From the entries below, return every line that includes the word "IsSomeAnd".

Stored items
++++

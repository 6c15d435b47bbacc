//! Why moves are refused.

use thiserror::Error;

/// The place of the first move that is not legal after those before it, or want of memory.
#[derive(Clone, Copy, Debug, PartialEq, Eq, Error)]
pub enum RunFault {
    #[error("bad move {0}")]
    BadMove(u32),
    #[error("no memory")]
    NoMemory,
}
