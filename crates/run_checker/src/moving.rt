//! What a legal move does and shows.

ghost use Rattle.std.specs.Prelude.{◌≡◌, ◌<◌, ◌+◌, IfOk, IsSomeAnd, OnOk, length, option_to_list};
ghost use Rattle.std.specs.Option.{option_map};
ghost use Rattle.nesc_core.specs.View.{program_of};
ghost use Rattle.nesc_core.specs.WellFormed.{IsWellFormed};
ghost use Rattle.core_meaning.specs.SourceOf.{source_of};
ghost use Rattle.run_meaning.specs.Runs as moves;
ghost use Rattle.run_meaning.specs.State.{acting};
ghost use Rattle.run_meaning.specs.declared.Move.TheVariants.{Do, Enter, Start};
ghost use Rattle.run_checker.specs.Contexts.{IsMaybeKnown, context_of};
ghost use Rattle.run_checker.specs.States.{AreKnown, IsEffect, posted, state_of};

use crate::board::{acknowledged, given, port_answer, port_read, port_written};
use crate::context::{Progress, begun, push};
use crate::state::{RunState, handler_of, is_waiting, loaded, put};
use mote_devices::Shown;
use nesc_core::Program;
use nm_base::{Action, NoMemory};
use run_meaning::Move;
use std::alloc::Global;
use std::collections::VecDeque;

// How an action is answered.
fn answer(r: &RunState, a: Action) -> Option<u16>
    ensures { option_to_list result ≡ moves.answers_to (state_of r.now) a }
{
    match a {
        Action::Load(address, is_word) => Some(loaded(&r.store, address, is_word)),
        Action::In(port) => Some(port_answer(&r.board, port)),
        Action::Post(k) => Some(if is_waiting(&r.tasks, k) { 5 } else { 0 }),
        Action::Store(..)
        | Action::Out(..)
        | Action::Begin
        | Action::End
        | Action::Tick
        | Action::Fault(_) => None,
    }
}

/// What a move shows.
pub(crate) fn shown(r: &RunState, m: Move) -> Option<Shown>
    ensures { option_to_list result ≡ moves.shown_of (state_of r.now) m }
{
    match m {
        Move::Arrive(g) => Some(Shown::Given(g)),
        Move::Do(Action::In(port)) => Some(Shown::In(port, port_answer(&r.board, port))),
        Move::Do(Action::Out(port, word)) => Some(Shown::Out(port, word)),
        Move::Do(Action::Fault(code)) => Some(Shown::Fault(u16::from(code))),
        Move::Enter(v) => Some(Shown::Enter(v)),
        Move::Do(_) | Move::Leave | Move::Start(_) | Move::Finish => None,
    }
}

// What an action does to all but the contexts.
fn effect(r: &mut RunState, a: Action) -> Result<(), NoMemory>
    requires { length r.old.store.items ≡ 65537 }
    ensures { OnOk result (IsEffect a r.old r.new) }
{
    match a {
        Action::Store(address, is_word, word) => put(&mut r.store, address, is_word, word),
        Action::In(port) => r.board = port_read(&r.board, port),
        Action::Out(port, word) => r.board = port_written(&r.board, port, word),
        Action::Post(k) => post(&mut r.tasks, k)?,
        Action::Fault(_) => r.stopped = true,
        Action::Load(..) | Action::Begin | Action::End | Action::Tick => {}
    }
    Ok(())
}

// A task that does not wait goes last.
fn post(tasks: &mut VecDeque<u32>, k: u32) -> Result<(), NoMemory>
    ensures { OnOk result (tasks.new.items ≡ posted tasks.old.items k) }
{
    if !is_waiting(tasks, k) {
        tasks.push_back(k)?;
    }
    Ok(())
}

fn push_in(
    alloc: Global,
    p: &Program,
    turns: u32,
    k: u32,
    c: &mut Option<Progress>,
    a: Action,
    answer: Option<u16>,
) -> Result<(), NoMemory>
    requires formed { IsWellFormed (program_of p.now) }
    requires known { IsMaybeKnown (program_of p.now) turns k c.old }
    requires few { k < turns }
    requires can { IsSomeAnd (option_map context_of c.old) (moves.CanDo (source_of (program_of p.now)) a) }
    ensures context { OnOk result (option_map context_of c.new ≡ moves.in_context (moves.with_made a (option_to_list answer)) (option_map context_of c.old)) }
    ensures known { OnOk result (IsMaybeKnown (program_of p.now) turns (k + 1) c.new) }
{
    match c {
        Some(c) => push(alloc, p, turns, c, a, answer),
        None => Ok(()),
    }
}

// The acting context has done one action more.
fn push_acting(
    alloc: Global,
    p: &Program,
    turns: u32,
    k: u32,
    r: &mut RunState,
    a: Action,
    answer: Option<u16>,
) -> Result<(), NoMemory>
    requires formed { IsWellFormed (program_of p.now) }
    requires known { AreKnown (program_of p.now) turns k r.old }
    requires few { k < turns }
    requires can { IsSomeAnd (acting (state_of r.old)) (moves.CanDo (source_of (program_of p.now)) a) }
    ensures state { OnOk result (state_of r.new ≡ moves.in_acting (moves.with_made a (option_to_list answer)) (state_of r.old)) }
    ensures known { OnOk result (AreKnown (program_of p.now) turns (k + 1) r.new) }
{
    if r.handler.is_some() {
        push_in(alloc, p, turns, k, &mut r.handler, a, answer)
    } else {
        push_in(alloc, p, turns, k, &mut r.base, a, answer)
    }
}

fn do_action(
    alloc: Global,
    p: &Program,
    turns: u32,
    k: u32,
    r: &mut RunState,
    a: Action,
) -> Result<(), NoMemory>
    requires formed { IsWellFormed (program_of p.now) }
    requires known { AreKnown (program_of p.now) turns k r.old }
    requires few { k < turns }
    requires can { IsSomeAnd (acting (state_of r.old)) (moves.CanDo (source_of (program_of p.now)) a) }
    ensures state { OnOk result (state_of r.new ≡ moves.after (source_of (program_of p.now)) (state_of r.old) (Do a)) }
    ensures known { OnOk result (AreKnown (program_of p.now) turns (k + 1) r.new) }
{
    let answer = answer(r, a);
    effect(r, a)?;
    push_acting(alloc, p, turns, k, r, a, answer)
}

fn enter(
    alloc: Global,
    p: &Program,
    turns: u32,
    k: u32,
    r: &mut RunState,
    v: u8,
) -> Result<(), NoMemory>
    requires formed { IsWellFormed (program_of p.now) }
    requires known { AreKnown (program_of p.now) turns k r.old }
    ensures state { OnOk result (state_of r.new ≡ moves.after (source_of (program_of p.now)) (state_of r.old) (Enter v)) }
    ensures known { OnOk result (AreKnown (program_of p.now) turns (k + 1) r.new) }
{
    let handler = begun(alloc, p, handler_of(p, v), turns)?;
    r.board = acknowledged(&r.board, v);
    r.handler = Some(handler);
    Ok(())
}

fn body_at(
    alloc: Global,
    p: &Program,
    turns: u32,
    k: u32,
    task: u32,
) -> Result<Option<Progress>, NoMemory>
    requires formed { IsWellFormed (program_of p.now) }
    ensures context { IfOk result (λ c. option_map context_of c ≡ moves.body_at ((source_of (program_of p.now)).task task)) }
    ensures known { IfOk result (λ c. IsMaybeKnown (program_of p.now) turns (k + 1) c) }
{
    match p.tasks.as_slice().get(task as usize) {
        Some(body) => Ok(Some(begun(alloc, p, Some(*body), turns)?)),
        None => Ok(None),
    }
}

fn start_task(
    alloc: Global,
    p: &Program,
    turns: u32,
    k: u32,
    r: &mut RunState,
    task: u32,
) -> Result<(), NoMemory>
    requires formed { IsWellFormed (program_of p.now) }
    requires known { AreKnown (program_of p.now) turns k r.old }
    ensures state { OnOk result (state_of r.new ≡ moves.after (source_of (program_of p.now)) (state_of r.old) (Start task)) }
    ensures known { OnOk result (AreKnown (program_of p.now) turns (k + 1) r.new) }
{
    r.base = body_at(alloc, p, turns, k, task)?;
    take_first(&mut r.tasks);
    Ok(())
}

fn take_first(tasks: &mut VecDeque<u32>)
    ensures { tasks.new.items ≡ moves.rest_of tasks.old.items }
{
    tasks.pop_front();
}

/// Does a legal move.
pub(crate) fn go(
    alloc: Global,
    p: &Program,
    turns: u32,
    k: u32,
    r: &mut RunState,
    m: Move,
) -> Result<(), NoMemory>
    requires formed { IsWellFormed (program_of p.now) }
    requires known { AreKnown (program_of p.now) turns k r.old }
    requires few { k < turns }
    requires legal { moves.LegalThere (source_of (program_of p.now)) (state_of r.old) m }
    ensures state { OnOk result (state_of r.new ≡ moves.after (source_of (program_of p.now)) (state_of r.old) m) }
    ensures known { OnOk result (AreKnown (program_of p.now) turns (k + 1) r.new) }
{
    match m {
        Move::Arrive(g) => r.board = given(&r.board, g),
        Move::Do(a) => do_action(alloc, p, turns, k, r, a)?,
        Move::Enter(v) => enter(alloc, p, turns, k, r, v)?,
        Move::Leave => r.handler = None,
        Move::Start(task) => start_task(alloc, p, turns, k, r, task)?,
        Move::Finish => r.base = None,
    }
    Ok(())
}
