//! What does not change in a search through a module.

use crate::elements::Element;
use nesc_tree::Decl;
use std::alloc::Global;
use wire_elements::Early;

/// What is told of a module and its declarations.
#[derive(Clone, Copy)]
pub(crate) struct Walk<'a, R> {
    pub(crate) alloc: Global,
    pub(crate) early: &'a Early,
    pub(crate) elements: &'a [Element<'a>],
    pub(crate) reach: &'a R,
    pub(crate) decls: &'a [Decl],
}
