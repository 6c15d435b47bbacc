//! Items of elements: those that come out of a module, and those that it implements.

ghost use Rattle.std.specs.Prelude.{◌≡◌, ◌++◌, map, IfOk, OnOk};
ghost use Rattle.std.specs.List.{list_any};
ghost use Rattle.std.specs.Option.{option_map};
ghost use Rattle.body_meaning.specs.View.{decl_of};
ghost use Rattle.program_meaning.specs.Heads as heads;
ghost use Rattle.nesc_unwired.specs.Told as spec;
ghost use Rattle.item_targets.specs.View.{element_of, item_of};

use crate::elements::Element;
use elab_uses::implementation_place;
use nesc_tree::{Decl, Sig};
use nm_base::{Name, NoMemory, Pos};
use std::alloc::Global;

/// Whether an item is implemented among declarations, or has a default.
pub(crate) fn has(decls: &[Decl], element: &Name, item: &Name, is_default: bool) -> bool
    ensures { result ≡ spec.has element.now item.now is_default (map decl_of decls.now) }
{
    implementation_place(decls, element, item, is_default).is_some()
}

fn same_flag(x: bool, y: bool) -> bool
    ensures { result ≡ heads.same_flag x y }
{
    if x { y } else { !y }
}

fn comes_out(x: &Element, y: &Sig) -> bool
    ensures { result ≡ spec.comes_out (element_of x.now) (item_of y.now) }
{
    same_flag(x.provides, y.is_event)
}

fn is_called(x: &Element, signal: bool, item: &Name, y: &Sig) -> bool
    ensures { result ≡ spec.is_called (element_of x.now) signal item.now (item_of y.now) }
{
    y.name == *item && same_flag(y.is_event, signal) && comes_out(x, y)
}

#[tactic(auto, using(crate::proofs::ItemLists::items))]
fn is_called_among(items: &[Sig], x: &Element, signal: bool, item: &Name) -> bool
    ensures { result ≡ list_any (spec.is_called (element_of x.now) signal item.now) (map item_of items.now) }
{
    for y in items {
        if is_called(x, signal, item, y) {
            return true;
        }
    }
    false
}

/// Whether an element has an item of this name that comes out and is called, or signalled, as what it is.
pub(crate) fn calls(x: &Element, signal: bool, item: &Name) -> bool
    ensures { result ≡ list_any (spec.is_called (element_of x.now) signal item.now) (element_of x.now).items }
{
    is_called_among(x.items, x, signal, item)
}

fn lacks(decls: &[Decl], x: &Element, y: &Sig) -> bool
    ensures { result ≡ spec.lacks (map decl_of decls.now) (element_of x.now) (item_of y.now) }
{
    !comes_out(x, y) && !has(decls, x.name, &y.name, false)
}

#[tactic(auto, using(crate::proofs::ItemLists::items))]
fn lacks_among(items: &[Sig], decls: &[Decl], x: &Element) -> bool
    ensures { result ≡ list_any (spec.lacks (map decl_of decls.now) (element_of x.now)) (map item_of items.now) }
{
    for y in items {
        if lacks(decls, x, y) {
            return true;
        }
    }
    false
}

fn lacks_any(decls: &[Decl], x: &Element) -> bool
    ensures { result ≡ list_any (spec.lacks (map decl_of decls.now) (element_of x.now)) (element_of x.now).items }
{
    lacks_among(x.items, decls, x)
}

fn add_lacking(found: &mut Vec<Pos>, decls: &[Decl], x: &Element) -> Result<(), NoMemory>
    ensures { OnOk result (found.new.items ≡ found.old.items ++ spec.lacking_in (map decl_of decls.now) (element_of x.now)) }
{
    if lacks_any(decls, x) {
        found.push(x.at)?;
    }
    Ok(())
}

// Adds the elements of which some item is not implemented, in their order.
#[tactic(auto, using(crate::proofs::ItemLists::lists))]
fn add_all_lacking(
    found: &mut Vec<Pos>,
    decls: &[Decl],
    elements: &[Element],
) -> Result<(), NoMemory>
    ensures { OnOk result (found.new.items ≡ found.old.items ++ spec.lacking (map decl_of decls.now) (map element_of elements.now)) }
{
    for x in elements {
        add_lacking(found, decls, x)?;
    }
    Ok(())
}

/// The elements of which some item is not implemented, in their order.
pub(crate) fn all_lacking(
    alloc: Global,
    decls: &[Decl],
    elements: &[Element],
) -> Result<Vec<Pos>, NoMemory>
    ensures { IfOk result (λ v. v.items ≡ spec.lacking (map decl_of decls.now) (map element_of elements.now)) }
{
    let mut found = Vec::new(alloc);
    add_all_lacking(&mut found, decls, elements)?;
    Ok(found)
}

/// The first element with a name, and its number.
#[tactic(auto, using(crate::proofs::ItemLists::finds))]
pub(crate) fn element_named<'a>(
    elements: &'a [Element<'a>],
    name: &Name,
) -> Option<(usize, &'a Element<'a>)>
    ensures { option_map (λ f. (f.0, element_of f.1.now)) result ≡ spec.element_from 0 (map element_of elements.now) name.now }
{
    for (k, x) in elements.iter().enumerate() {
        if *x.name == *name {
            return Some((k, x));
        }
    }
    None
}
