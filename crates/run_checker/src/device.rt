//! The device table, computed on the states of devices.

ghost use Rattle.std.specs.Prelude.{◌≡◌, ◌/◌, ◌==◌, ◌||◌};
ghost use Rattle.mote_devices.specs.Device as table;
ghost use Rattle.mote_devices.specs.declared.state.DevState.TheVariants as dev;

use mote_devices::DevState;

/// What a value from outside leaves.
pub(crate) fn arrived(d: DevState, given: u16) -> DevState
    ensures { result ≡ table.dev_arrive d given }
{
    match d {
        DevState::Leds { .. } => d,
        DevState::Timer {
            on,
            period,
            left,
            flag,
        } => timer_arrived(on, period, left, flag, given),
        DevState::Serial { full, over, .. } => DevState::Serial {
            rx: given % 256,
            full: true,
            over: over || full,
            flag: true,
        },
        DevState::Radio {
            on,
            addr,
            full,
            lost,
            ..
        } => {
            if on && is_for(addr, given) {
                DevState::Radio {
                    on,
                    addr,
                    rx: given,
                    full: true,
                    lost: lost || full,
                    flag: true,
                }
            } else {
                d
            }
        }
        DevState::Sensor { asked, flag, .. } => DevState::Sensor {
            value: given,
            asked: false,
            flag: asked || flag,
        },
    }
}

fn timer_arrived(on: bool, period: u16, left: u16, flag: bool, given: u16) -> DevState
    ensures { result ≡ table.dev_arrive (dev.Timer on period left flag) given }
{
    if on && given < left {
        return DevState::Timer {
            on,
            period,
            left: left - given,
            flag,
        };
    }
    DevState::Timer {
        on,
        period,
        left: if on { period } else { left },
        flag: on || flag,
    }
}

// The high byte is the address, or the one of all.
fn is_for(addr: u16, given: u16) -> bool
    ensures { result ≡ (given / 256 == addr || given / 256 == 255) }
{
    given / 256 == addr || given / 256 == 255
}

// The word of this register.
#[tactic(auto, using(crate::proofs::DeviceLemmas::registers))]
fn word_at(register: u8, first: u16, second: u16, third: u16, fourth: u16) -> u16
    ensures { result ≡ table.at_register register first second third fourth }
{
    match register {
        0 => first,
        1 => second,
        2 => third,
        _ => fourth,
    }
}

// The state that this register leaves.
#[tactic(auto, using(crate::proofs::DeviceLemmas::registers))]
fn state_at(
    register: u8,
    first: DevState,
    second: DevState,
    third: DevState,
    fourth: DevState,
) -> DevState
    ensures { result ≡ table.at_register register first second third fourth }
{
    match register {
        0 => first,
        1 => second,
        2 => third,
        _ => fourth,
    }
}

/// The answer to a read of a register.
pub(crate) fn answer(d: DevState, register: u8) -> u16
    ensures { result ≡ table.dev_answer d register }
{
    match d {
        DevState::Leds { value } => word_at(register, value, 0, 0, 0),
        DevState::Timer {
            on,
            period,
            left,
            flag,
        } => word_at(register, u16::from(on), period, left, u16::from(flag)),
        DevState::Serial { rx, full, over, .. } => word_at(
            register,
            rx,
            u16::from(full) + 2 * u16::from(over),
            0,
            0,
        ),
        DevState::Radio {
            on,
            addr,
            rx,
            full,
            lost,
            ..
        } => word_at(
            register,
            rx,
            u16::from(on),
            u16::from(full) + 2 * u16::from(lost),
            addr,
        ),
        DevState::Sensor { value, asked, .. } => word_at(register, value, u16::from(asked), 0, 0),
    }
}

/// What the read leaves.
pub(crate) fn after_read(d: DevState, register: u8) -> DevState
    ensures { result ≡ table.dev_read d register }
{
    match d {
        DevState::Leds { .. } | DevState::Timer { .. } | DevState::Sensor { .. } => d,
        DevState::Serial { rx, flag, .. } => {
            let read = DevState::Serial {
                rx,
                full: false,
                over: false,
                flag,
            };
            state_at(register, read, d, d, d)
        }
        DevState::Radio {
            on,
            addr,
            rx,
            flag,
            ..
        } => {
            let read = DevState::Radio {
                on,
                addr,
                rx,
                full: false,
                lost: false,
                flag,
            };
            state_at(register, read, d, d, d)
        }
    }
}

/// What a write of a register leaves.
pub(crate) fn written(d: DevState, register: u8, word: u16) -> DevState
    ensures { result ≡ table.dev_write d register word }
{
    match d {
        DevState::Leds { .. } => state_at(register, DevState::Leds { value: word % 8 }, d, d, d),
        DevState::Timer {
            on,
            period,
            left,
            flag,
        } => timer_written(on, period, left, flag, register, word),
        DevState::Serial { .. } => d,
        DevState::Radio {
            on,
            addr,
            rx,
            full,
            lost,
            flag,
        } => {
            let opened = DevState::Radio {
                on: word % 2 == 1,
                addr,
                rx,
                full,
                lost,
                flag,
            };
            let named = DevState::Radio {
                on,
                addr: word % 256,
                rx,
                full,
                lost,
                flag,
            };
            state_at(register, d, opened, d, named)
        }
        DevState::Sensor { value, flag, .. } => {
            let asked = DevState::Sensor {
                value,
                asked: word % 2 == 1,
                flag,
            };
            state_at(register, d, asked, d, d)
        }
    }
}

fn timer_written(on: bool, period: u16, left: u16, flag: bool, register: u8, word: u16) -> DevState
    ensures { result ≡ table.dev_write (dev.Timer on period left flag) register word }
{
    let started = DevState::Timer {
        on: word % 2 == 1,
        period,
        left: if word % 2 == 1 { period } else { left },
        flag,
    };
    let set = DevState::Timer {
        on,
        period: if word == 0 { 1 } else { word },
        left,
        flag,
    };
    let kept = DevState::Timer {
        on,
        period,
        left,
        flag,
    };
    let answered = DevState::Timer {
        on,
        period,
        left,
        flag: false,
    };
    state_at(register, started, set, kept, answered)
}

/// Whether it requests its line.
pub(crate) fn requests(d: DevState) -> bool
    ensures { result ≡ table.dev_requests d }
{
    match d {
        DevState::Leds { .. } => false,
        DevState::Timer { flag, .. }
        | DevState::Serial { flag, .. }
        | DevState::Radio { flag, .. }
        | DevState::Sensor { flag, .. } => flag,
    }
}

/// What the acceptance of its line leaves.
pub(crate) fn accepted(d: DevState) -> DevState
    ensures { result ≡ table.dev_ack d }
{
    match d {
        DevState::Leds { .. } => d,
        DevState::Timer {
            on,
            period,
            left,
            ..
        } => DevState::Timer {
            on,
            period,
            left,
            flag: false,
        },
        DevState::Serial { rx, full, over, .. } => DevState::Serial {
            rx,
            full,
            over,
            flag: false,
        },
        DevState::Radio {
            on,
            addr,
            rx,
            full,
            lost,
            ..
        } => DevState::Radio {
            on,
            addr,
            rx,
            full,
            lost,
            flag: false,
        },
        DevState::Sensor { value, asked, .. } => DevState::Sensor {
            value,
            asked,
            flag: false,
        },
    }
}
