//! What modules lack: the items of elements that they do not implement, and the calls and signals that reach nothing and have no default.
#![tactic(auto)]

mod all_unwired;
mod calls;
mod elements;
mod expressions;
mod functions;
mod initialisers;
mod items;
mod search;
mod statements;
mod variables;
mod walk;

pub use all_unwired::unwired;
pub use elements::{Element, Reaches};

++++

Answer space
ghost use Rattle.std.specs.Prelude.{◌≡◌, ◌<◌, ◌+◌, IfOk, IsSomeAnd, OnOk, length, option_to_list};
    requires can { IsSomeAnd (option_map context_of c.old) (moves.CanDo (source_of (program_of p.now)) a) }
    requires can { IsSomeAnd (acting (state_of r.old)) (moves.CanDo (source_of (program_of p.now)) a) }
    requires can { IsSomeAnd (acting (state_of r.old)) (moves.CanDo (source_of (program_of p.now)) a) }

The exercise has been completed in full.